AIM OF THE TASK: Copy only what runs from the line containing "fn token_count_of_text(alloc: Global, text: &[u8])" through the end of the material below, line for line, with both ends included.

━━ SUPPLIED INFORMATION ━━

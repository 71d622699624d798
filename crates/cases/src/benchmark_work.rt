//! What the benchmark times: the work on a text, done again and again.
//!
//! The body of a call is a number, how often, and the text. Its answer is the last count.

ghost use Rattle.std.specs.Prelude.{◌≡◌, ◌≤◌, ℕ, List, length, IfOk};
ghost use Rattle.sudoers_text.specs.Fault.{IsFaultlessCut};

use crate::answer_output::push_display_format;
use crate::case_frames::{CaseCall, split_eight_byte_number};
use std::alloc::{AllocError, Global};
use sudoers_line_reader::read_line;
use sudoers_line_rows::Tables;
use sudoers_text::{Lines, TextFault, choose_line_mode, cut, tokens};

/// Adds the last count; `unknown` if the work is not known.
pub fn push_answer_of_benchmark_call(
    alloc: Global,
    call: CaseCall<'_>,
    answers: &mut String,
) -> Result<(), AllocError> {
    let (times, text) = split_eight_byte_number(call.body);
    match call.asked {
        b'c' => push_display_format(
            &cut_text_repeatedly_and_get_last_line_count(alloc, text, times),
            answers,
        ),
        b't' => push_display_format(
            &count_tokens_repeatedly_and_get_last_count(alloc, text, times),
            answers,
        ),
        b'p' => push_display_format(
            &parse_lines_repeatedly_and_get_last_count(alloc, text, times),
            answers,
        ),
        _ => answers.push_str("unknown"),
    }
}

/// Cuts `text` into lines as often as `times`, and returns how many there are; 0 if it cannot be cut.
fn cut_text_repeatedly_and_get_last_line_count(alloc: Global, text: &[u8], times: u64) -> usize {
    let mut count = 0;
    for _ in 0..times {
        count = line_count_of_text(alloc, text).unwrap_or(0);
    }
    count
}

/// Cuts `text` into lines and these into tokens as often as `times`, and returns how many tokens there are; 0 if it cannot be cut.
fn count_tokens_repeatedly_and_get_last_count(alloc: Global, text: &[u8], times: u64) -> usize {
    let mut count = 0;
    for _ in 0..times {
        count = token_count_of_text(alloc, text).unwrap_or(0);
    }
    count
}

/// Cuts `text` into lines once, parses these as often as `times`, and returns how many parse; 0 if it cannot be cut.
fn parse_lines_repeatedly_and_get_last_count(alloc: Global, text: &[u8], times: u64) -> usize {
    let Ok(lines) = cut(alloc, text) else {
        return 0;
    };
    let mut count = 0;
    for _ in 0..times {
        count = parsed_line_count_of(alloc, &lines);
    }
    count
}

/// Returns the number of lines of `text`.
///
/// # Errors
///
/// Those of `cut`.
fn line_count_of_text(alloc: Global, text: &[u8]) -> Result<usize, TextFault>
    ensures { IfOk result (λ count. (lines : List (List ℕ)) × IsFaultlessCut text.now lines × (count ≡ length lines)) }
{
    let lines = cut(alloc, text)?;
    Ok(lines.len())
}

/// Returns the number of tokens that the lines of `text` have.
///
/// # Errors
///
/// Those of `cut` and `tokens`.
fn token_count_of_text(alloc: Global, text: &[u8]) -> Result<usize, TextFault> {
    let lines = cut(alloc, text)?;
    let mut count: usize = 0;
    for i in 0..lines.len() {
        if let Some(line) = lines.get(i) {
            count = count.wrapping_add(tokens(alloc, line, choose_line_mode(line))?.len());
        }
    }
    Ok(count)
}

/// Returns the number of `lines` that parse, as far as memory is found.
fn parsed_line_count_of(alloc: Global, lines: &Lines<'_>) -> usize
    ensures { result ≤ length lines.now }
{
    let mut count: usize = 0;
    let mut tables = Tables::new(alloc);
    for i in 0..lines.len() {
        if let Some(line) = lines.get(i) {
            if read_line(alloc, &mut tables, line, 0).is_ok() {
                count += 1;
            }
        }
    }
    count
}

━━━

SOLUTION FOR THIS PROBLEM:
fn token_count_of_text(alloc: Global, text: &[u8]) -> Result<usize, TextFault> {
    let lines = cut(alloc, text)?;
    let mut count: usize = 0;
    for i in 0..lines.len() {
        if let Some(line) = lines.get(i) {
            count = count.wrapping_add(tokens(alloc, line, choose_line_mode(line))?.len());
        }
    }
    Ok(count)
}

/// Returns the number of `lines` that parse, as far as memory is found.
fn parsed_line_count_of(alloc: Global, lines: &Lines<'_>) -> usize
    ensures { result ≤ length lines.now }
{
    let mut count: usize = 0;
    let mut tables = Tables::new(alloc);
    for i in 0..lines.len() {
        if let Some(line) = lines.get(i) {
            if read_line(alloc, &mut tables, line, 0).is_ok() {
                count += 1;
            }
        }
    }
    count
}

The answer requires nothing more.